Lones presented a talk, “How to Avoid Machine Learning Pitfalls: A Guide for Academic Researchers,” which covers the same ground in his 2021 paper of the same title.
“A lot of mistakes we see in machine learning are caused by the inexperienced,” he said. “Part of the issue is that novice machine learning practitioners often struggle to understand the more established machine learning literature.”
Lones covered tasks researchers should be doing, such as taking the time to understand a data set, talking to domain experts, considering combinations of models, evaluating a model multiple times, and reporting performance in multiple ways.
The third session featured Jake Hofman, senior principal researcher at Microsoft; Jessica Hullman, the Ginni Rometty Associate Professor of Computer Science at Northwestern University; and Brandon Stewart, associate professor of sociology at Princeton University.
In his talk, Hofman discussed points he and co-authors made in a 2021 paper in Nature on computational social science and how they can also be applied to machine learning-based scientific research. The paper, “Integrating explanation and prediction in computational social science,” addresses different research approaches in social science and computer science, namely how social scientists often create explanations of human behavior, “often invoking causal mechanisms derived from substantive theory.” This is an “explain culture” that traditionally emphasizes causal effects.
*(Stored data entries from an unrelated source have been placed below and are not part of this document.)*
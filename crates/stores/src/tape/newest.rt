// The newest entry of an item.
ghost use Rattle.std.specs.Prelude.{◌≡◌, ◌==◌, find, reverse, option_copied};

use crate::tape::entry::Entry;

pub(super) fn newest<R>(entries: &[Entry<R>], item: usize) -> Option<&Entry<R>>
    ensures { option_copied result ≡ find (λ e. e.item == item) (reverse entries.now) }
{
    entries
        .iter()
        .rev()
        .find(|entry| usize::from(entry.item) == item)
}
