/// The date is too far away, and something else is wrong.
pub const SKEWED_PAIRS: [Pair; 9] = [
    (
        b"\
            PUT /pics/a.txt HTTP/1.1\r\nHost: localhost:3900\r\nx-amz-content-sha256: ba7816bf8f01cfea414140de5dae22\
            23b00361a396177a9cb410ff61f20015ad\r\nx-amz-date: 20231114T215819Z\r\nContent-Length: 3\r\nAuthorization\
            : AWS4-HMAC-SHA256 Credential=GKFULL/20231114/garage/s3/aws4_request, SignedHeaders=host;x-amz-content-s\
            ha256;x-amz-date, Signature=01d77083cdde570aac2cc28dd7ebbad33fdf58c50d0f2a24ac17d0c48f9b8511\r\n\r\nabc",
        REQUEST_TIME_TOO_SKEWED,
        b"/pics/a.txt",
    ),
    (
        b"\
            PUT /pics/a.txt HTTP/1.1\r\nHost: localhost:3900\r\nx-amz-content-sha256: ba7816bf8f01cfea414140de5dae22\
            23b00361a396177a9cb410ff61f20015ad\r\nx-amz-date: 20231114T215819Z\r\nContent-Length: 3\r\nAuthorization\
            : AWS4-HMAC-SHA256 Credential=GKREAD/20231114/garage/s3/aws4_request, SignedHeaders=host;x-amz-content-s\
            ha256;x-amz-date, Signature=2ce1d012bfdada7a748253b7e7803c41cd67fe9850cf1601fccee3b8d2e6ccf2\r\n\r\nabc",
        REQUEST_TIME_TOO_SKEWED,
        b"/pics/a.txt",
    ),
    (
        b"\
            PUT /pics/a.txt HTTP/1.1\r\nHost: localhost:3900\r\nx-amz-content-sha256: e3b0c44298fc1c149afbf4c8996fb9\
            2427ae41e4649b934ca495991b7852b855\r\nx-amz-date: 20231114T215819Z\r\nAuthorization: AWS4-HMAC-SHA256 Cr\
            edential=GKFULL/20231114/garage/s3/aws4_request, SignedHeaders=host;x-amz-content-sha256;x-amz-date, Sig\
            nature=7531aaef4b7f2dac06d20efeffad27c698abecd5bae54901e2a17cf515ac58ff\r\n\r\n",
        REQUEST_TIME_TOO_SKEWED,
        b"/pics/a.txt",
    ),
    (
        b"\
            PUT /pics/a.txt HTTP/1.1\r\nHost: localhost:3900\r\nx-amz-content-sha256: e3b0c44298fc1c149afbf4c8996fb9\
            2427ae41e4649b934ca495991b7852b855\r\nx-amz-date: 20231114T215819Z\r\nContent-Length: x\r\nAuthorization\
            : AWS4-HMAC-SHA256 Credential=GKFULL/20231114/garage/s3/aws4_request, SignedHeaders=host;x-amz-content-s\
            ha256;x-amz-date, Signature=7531aaef4b7f2dac06d20efeffad27c698abecd5bae54901e2a17cf515ac58ff\r\n\r\n",
        REQUEST_TIME_TOO_SKEWED,
        b"/pics/a.txt",
    ),
    (
        b"\
            PUT /pics/a.txt HTTP/1.1\r\nHost: localhost:3900\r\nx-amz-content-sha256: e3b0c44298fc1c149afbf4c8996fb9\
            2427ae41e4649b934ca495991b7852b855\r\nx-amz-date: 20231114T215819Z\r\nContent-Length: 16777217\r\nAuthor\
            ization: AWS4-HMAC-SHA256 Credential=GKFULL/20231114/garage/s3/aws4_request, SignedHeaders=host;x-amz-co\
            ntent-sha256;x-amz-date, Signature=7531aaef4b7f2dac06d20efeffad27c698abecd5bae54901e2a17cf515ac58ff\r\n\
            \r\n",
        REQUEST_TIME_TOO_SKEWED,
        b"/pics/a.txt",
    ),
    (
        b"\
            PUT /pics/a.txt HTTP/1.1\r\nHost: localhost:3900\r\nx-amz-content-sha256: e3b0c44298fc1c149afbf4c8996fb9\
            2427ae41e4649b934ca495991b7852b855\r\nx-amz-date: 20231114T215819Z\r\nContent-Length: 4\r\nAuthorization\
            : AWS4-HMAC-SHA256 Credential=GKFULL/20231114/garage/s3/aws4_request, SignedHeaders=host;x-amz-content-s\
            ha256;x-amz-date, Signature=7531aaef4b7f2dac06d20efeffad27c698abecd5bae54901e2a17cf515ac58ff\r\n\r\n",
        REQUEST_TIME_TOO_SKEWED,
        b"/pics/a.txt",
    ),
    (
        b"\
            PUT /pics/a.txt HTTP/1.1\r\nHost: localhost:3900\r\nx-amz-content-sha256: 000000000000000000000000000000\
            0000000000000000000000000000000000\r\nx-amz-date: 20231114T215819Z\r\nContent-Length: 3\r\nAuthorization\
            : AWS4-HMAC-SHA256 Credential=GKFULL/20231114/garage/s3/aws4_request, SignedHeaders=host;x-amz-content-s\
            ha256;x-amz-date, Signature=460bea10a7845a7e206c4a5ea7762c7bcfa82924d2220ee773a80355c67de724\r\n\r\nabd",
        REQUEST_TIME_TOO_SKEWED,
        b"/pics/a.txt",
    ),
    (
        b"\
            PUT /pics/kkkkkkkkkkkkkkkkkkkkkkkkkkkkkkkkkkkkkkkkkkkkkkkkkkkkkkkkkkkkkkkkkkkkkkkkkkkkkkkkkkkkkkkkkkkkkk\
            kkkkkkkkkkkkkkkkkkkkkkkkkkkkkkkkkkkkkkkkkkkkkkkkkkkkkkkkkkkkkkkkkkkkkkkkkkkkkkkkkkkkkkkkkkkkkkkkkkkkkkkk\
            kkkkkkkkkkkkkkkkkkkkkkkkkkkkkkkkkkkkkkkkkkkkkkkkkkkkkkkkkkkkkkkkkkkkkkkkkkkkkkkkkkkkkkkkkkkkkkkkkkkkkkkk\
            kkkkkkkkkkkkkkkkkkkkkkkkkkkkkkkkkkkkkkkkkkkkkkkkkkkkkkkkkkkkkkkkkkkkkkkkkkkkkkkkkkkkkkkkkkkkkkkkkkkkkkkk\
            kkkkkkkkkkkkkkkkkkkkkkkkkkkkkkkkkkkkkkkkkkkkkkkkkkkkkkkkkkkkkkkkkkkkkkkkkkkkkkkkkkkkkkkkkkkkkkkkkkkkkkkk\
            kkkkkkkkkkkkkkkkkkkkkkkkkkkkkkkkkkkkkkkkkkkkkkkkkkkkkkkkkkkkkkkkkkkkkkkkkkkkkkkkkkkkkkkkkkkkkkkkkkkkkkkk\
            kkkkkkkkkkkkkkkkkkkkkkkkkkkkkkkkkkkkkkkkkkkkkkkkkkkkkkkkkkkkkkkkkkkkkkkkkkkkkkkkkkkkkkkkkkkkkkkkkkkkkkkk\
            kkkkkkkkkkkkkkkkkkkkkkkkkkkkkkkkkkkkkkkkkkkkkkkkkkkkkkkkkkkkkkkkkkkkkkkkkkkkkkkkkkkkkkkkkkkkkkkkkkkkkkkk\
            kkkkkkkkkkkkkkkkkkkkkkkkkkkkkkkkkkkkkkkkkkkkkkkkkkkkkkkkkkkkkkkkkkkkkkkkkkkkkkkkkkkkkkkkkkkkkkkkkkkkkkkk\
            kkkkkkkkkkkkkkkkkkkkkkkkkkkkkkkkkkkkkkkkkkkkkkkkkkkkkkkkkkkkkkkkkkkkkkkkkkkkkkkkkkkkkkkkkkkkkkkkkkk HTTP\
            /1.1\r\nHost: localhost:3900\r\nx-amz-content-sha256: ba7816bf8f01cfea414140de5dae2223b00361a396177a9cb4\
            10ff61f20015ad\r\nx-amz-date: 20231114T215819Z\r\nContent-Length: 3\r\nAuthorization: AWS4-HMAC-SHA256 C\
            redential=GKFULL/20231114/garage/s3/aws4_request, SignedHeaders=host;x-amz-content-sha256;x-amz-date, Si\
            gnature=39252847f5a606d480bc6623aa56d2291d19639a5a4de0319de8579694c7b202\r\n\r\nabc",
        REQUEST_TIME_TOO_SKEWED,
        LONG_PATH,
    ),
    (
        b"\
            PUT /pics/a.txt HTTP/1.1\r\nHost: localhost:3900\r\nx-amz-content-sha256: ba7816bf8f01cfea414140de5dae22\
            23b00361a396177a9cb410ff61f20015ad\r\nx-amz-date: 20231114T215819Z\r\nContent-MD5: ndTkYSaMgDT1yFZOFVxnp\
            g==\r\nContent-Length: 3\r\nAuthorization: AWS4-HMAC-SHA256 Credential=GKFULL/20231114/garage/s3/aws4_re\
            quest, SignedHeaders=host;x-amz-content-sha256;x-amz-date, Signature=c1d77083cdde570aac2cc28dd7ebbad33fd\
            f58c50d0f2a24ac17d0c48f9b8511\r\n\r\nabc",
        REQUEST_TIME_TOO_SKEWED,
        b"/pics/a.txt",
    ),
];

/// The signature is wrong, and something else.
pub const FORGED_PAIRS: [Pair; 8] = [
    (
        b"\
            PUT /pics/a.txt HTTP/1.1\r\nHost: localhost:3900\r\nx-amz-content-sha256: ba7816bf8f01cfea414140de5dae22\
            23b00361a396177a9cb410ff61f20015ad\r\nx-amz-date: 20231114T221320Z\r\nContent-Length: 3\r\nAuthorization\
            : AWS4-HMAC-SHA256 Credential=GKREAD/20231114/garage/s3/aws4_request, SignedHeaders=host;x-amz-content-s\
            ha256;x-amz-date, Signature=00bd324955203b9698c9195e0237b13beb70c9cea0b32766b64697c2b558b712\r\n\r\nabc",
        SIGNATURE_DOES_NOT_MATCH,
        b"/pics/a.txt",
    ),
    (
        b"\
            PUT /pics/a.txt HTTP/1.1\r\nHost: localhost:3900\r\nx-amz-content-sha256: e3b0c44298fc1c149afbf4c8996fb9\
            2427ae41e4649b934ca495991b7852b855\r\nx-amz-date: 20231114T221320Z\r\nAuthorization: AWS4-HMAC-SHA256 Cr\
            edential=GKFULL/20231114/garage/s3/aws4_request, SignedHeaders=host;x-amz-content-sha256;x-amz-date, Sig\
            nature=0e0ebe047b6926065a6fb8421c071f549a90c3461b09fa99a74a8b365e97ad09\r\n\r\n",
        SIGNATURE_DOES_NOT_MATCH,
        b"/pics/a.txt",
    ),
    (
        b"\
            PUT /pics/a.txt HTTP/1.1\r\nHost: localhost:3900\r\nx-amz-content-sha256: e3b0c44298fc1c149afbf4c8996fb9\
            2427ae41e4649b934ca495991b7852b855\r\nx-amz-date: 20231114T221320Z\r\nContent-Length: x\r\nAuthorization\
            : AWS4-HMAC-SHA256 Credential=GKFULL/20231114/garage/s3/aws4_request, SignedHeaders=host;x-amz-content-s\
            ha256;x-amz-date, Signature=0e0ebe047b6926065a6fb8421c071f549a90c3461b09fa99a74a8b365e97ad09\r\n\r\n",
        SIGNATURE_DOES_NOT_MATCH,
        b"/pics/a.txt",
    ),
    (
        b"\
            PUT /pics/a.txt HTTP/1.1\r\nHost: localhost:3900\r\nx-amz-content-sha256: e3b0c44298fc1c149afbf4c8996fb9\
            2427ae41e4649b934ca495991b7852b855\r\nx-amz-date: 20231114T221320Z\r\nContent-Length: 16777217\r\nAuthor\
            ization: AWS4-HMAC-SHA256 Credential=GKFULL/20231114/garage/s3/aws4_request, SignedHeaders=host;x-amz-co\
            ntent-sha256;x-amz-date, Signature=0e0ebe047b6926065a6fb8421c071f549a90c3461b09fa99a74a8b365e97ad09\r\n\
            \r\n",
        SIGNATURE_DOES_NOT_MATCH,
        b"/pics/a.txt",
    ),
    (
        b"\
            PUT /pics/a.txt HTTP/1.1\r\nHost: localhost:3900\r\nx-amz-content-sha256: e3b0c44298fc1c149afbf4c8996fb9\
            2427ae41e4649b934ca495991b7852b855\r\nx-amz-date: 20231114T221320Z\r\nContent-Length: 4\r\nAuthorization\
            : AWS4-HMAC-SHA256 Credential=GKFULL/20231114/garage/s3/aws4_request, SignedHeaders=host;x-amz-content-s\
            ha256;x-amz-date, Signature=0e0ebe047b6926065a6fb8421c071f549a90c3461b09fa99a74a8b365e97ad09\r\n\r\n",
        SIGNATURE_DOES_NOT_MATCH,
        b"/pics/a.txt",
    ),
    (
        b"\
            PUT /pics/a.txt HTTP/1.1\r\nHost: localhost:3900\r\nx-amz-content-sha256: 000000000000000000000000000000\
            0000000000000000000000000000000000\r\nx-amz-date: 20231114T221320Z\r\nContent-Length: 3\r\nAuthorization\
            : AWS4-HMAC-SHA256 Credential=GKFULL/20231114/garage/s3/aws4_request, SignedHeaders=host;x-amz-content-s\
            ha256;x-amz-date, Signature=0784d9f1ff2f7d2f0a9757058c52b55c06a7af351e7f23c6c52817d21ef5d777\r\n\r\nabd",
        SIGNATURE_DOES_NOT_MATCH,
        b"/pics/a.txt",
    ),
    (
        b"\
            PUT /pics/kkkkkkkkkkkkkkkkkkkkkkkkkkkkkkkkkkkkkkkkkkkkkkkkkkkkkkkkkkkkkkkkkkkkkkkkkkkkkkkkkkkkkkkkkkkkkk\
            kkkkkkkkkkkkkkkkkkkkkkkkkkkkkkkkkkkkkkkkkkkkkkkkkkkkkkkkkkkkkkkkkkkkkkkkkkkkkkkkkkkkkkkkkkkkkkkkkkkkkkkk\
            kkkkkkkkkkkkkkkkkkkkkkkkkkkkkkkkkkkkkkkkkkkkkkkkkkkkkkkkkkkkkkkkkkkkkkkkkkkkkkkkkkkkkkkkkkkkkkkkkkkkkkkk\
            kkkkkkkkkkkkkkkkkkkkkkkkkkkkkkkkkkkkkkkkkkkkkkkkkkkkkkkkkkkkkkkkkkkkkkkkkkkkkkkkkkkkkkkkkkkkkkkkkkkkkkkk\
            kkkkkkkkkkkkkkkkkkkkkkkkkkkkkkkkkkkkkkkkkkkkkkkkkkkkkkkkkkkkkkkkkkkkkkkkkkkkkkkkkkkkkkkkkkkkkkkkkkkkkkkk\
            kkkkkkkkkkkkkkkkkkkkkkkkkkkkkkkkkkkkkkkkkkkkkkkkkkkkkkkkkkkkkkkkkkkkkkkkkkkkkkkkkkkkkkkkkkkkkkkkkkkkkkkk\
            kkkkkkkkkkkkkkkkkkkkkkkkkkkkkkkkkkkkkkkkkkkkkkkkkkkkkkkkkkkkkkkkkkkkkkkkkkkkkkkkkkkkkkkkkkkkkkkkkkkkkkkk\
            kkkkkkkkkkkkkkkkkkkkkkkkkkkkkkkkkkkkkkkkkkkkkkkkkkkkkkkkkkkkkkkkkkkkkkkkkkkkkkkkkkkkkkkkkkkkkkkkkkkkkkkk\
            kkkkkkkkkkkkkkkkkkkkkkkkkkkkkkkkkkkkkkkkkkkkkkkkkkkkkkkkkkkkkkkkkkkkkkkkkkkkkkkkkkkkkkkkkkkkkkkkkkkkkkkk\
            kkkkkkkkkkkkkkkkkkkkkkkkkkkkkkkkkkkkkkkkkkkkkkkkkkkkkkkkkkkkkkkkkkkkkkkkkkkkkkkkkkkkkkkkkkkkkkkkkkk HTTP\
            /1.1\r\nHost: localhost:3900\r\nx-amz-content-sha256: ba7816bf8f01cfea414140de5dae2223b00361a396177a9cb4\
            10ff61f20015ad\r\nx-amz-date: 20231114T221320Z\r\nContent-Length: 3\r\nAuthorization: AWS4-HMAC-SHA256 C\
            redential=GKFULL/20231114/garage/s3/aws4_request, SignedHeaders=host;x-amz-content-sha256;x-amz-date, Si\
            gnature=0872beda27a6d367e18d36065089a55086cb331126c91c3b0d4446901266e448\r\n\r\nabc",
        SIGNATURE_DOES_NOT_MATCH,
        LONG_PATH,
    ),
    (
        b"\
            PUT /pics/a.txt HTTP/1.1\r\nHost: localhost:3900\r\nx-amz-content-sha256: ba7816bf8f01cfea414140de5dae22\
            23b00361a396177a9cb410ff61f20015ad\r\nx-amz-date: 20231114T221320Z\r\nContent-MD5: ndTkYSaMgDT1yFZOFVxnp\
            g==\r\nContent-Length: 3\r\nAuthorization: AWS4-HMAC-SHA256 Credential=GKFULL/20231114/garage/s3/aws4_re\
            quest, SignedHeaders=host;x-amz-content-sha256;x-amz-date, Signature=0697c0acb3fe24690feaaa2fa7589136775\
            560492f8d8d27b299a69f25011f8e\r\n\r\nabc",
        SIGNATURE_DOES_NOT_MATCH,
        b"/pics/a.txt",
    ),
];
Computer scientists are interested in creating accurate predictive models - “a predictive culture” that traditionally emphasizes “predictive performance,” Hofman said.
He showed two examples of the pitfalls of both explain and predictive culture. On the dangers of explain culture, Hofman pointed to an influential 2003 study that argued several economic factors lead to civil wars and not ethnic and religious strife, but after further examining the data, a later study in 2010 concluded that the findings were not accurate. On the negatives of predictive culture, Hofman brought up Google's Flu Trends, which famously failed in predicting the trajectory of the flu in 2013.
Hofman and his fellow researchers addressed how these two approaches or cultures can complement each other and then be woven into an “integrative model.” In his talk, Hofman said machine learning-based research can draw lessons from that paper by integrating both cultures, using them to critique or check conclusions. This approach should lead to more replicable science, he said.
“Reproducibility is this cornerstone,” said Hofman. “If we don’t have individual results that are credible, then it’s hard to go anywhere. We want individual results to hold up and become cumulative and build on each other.”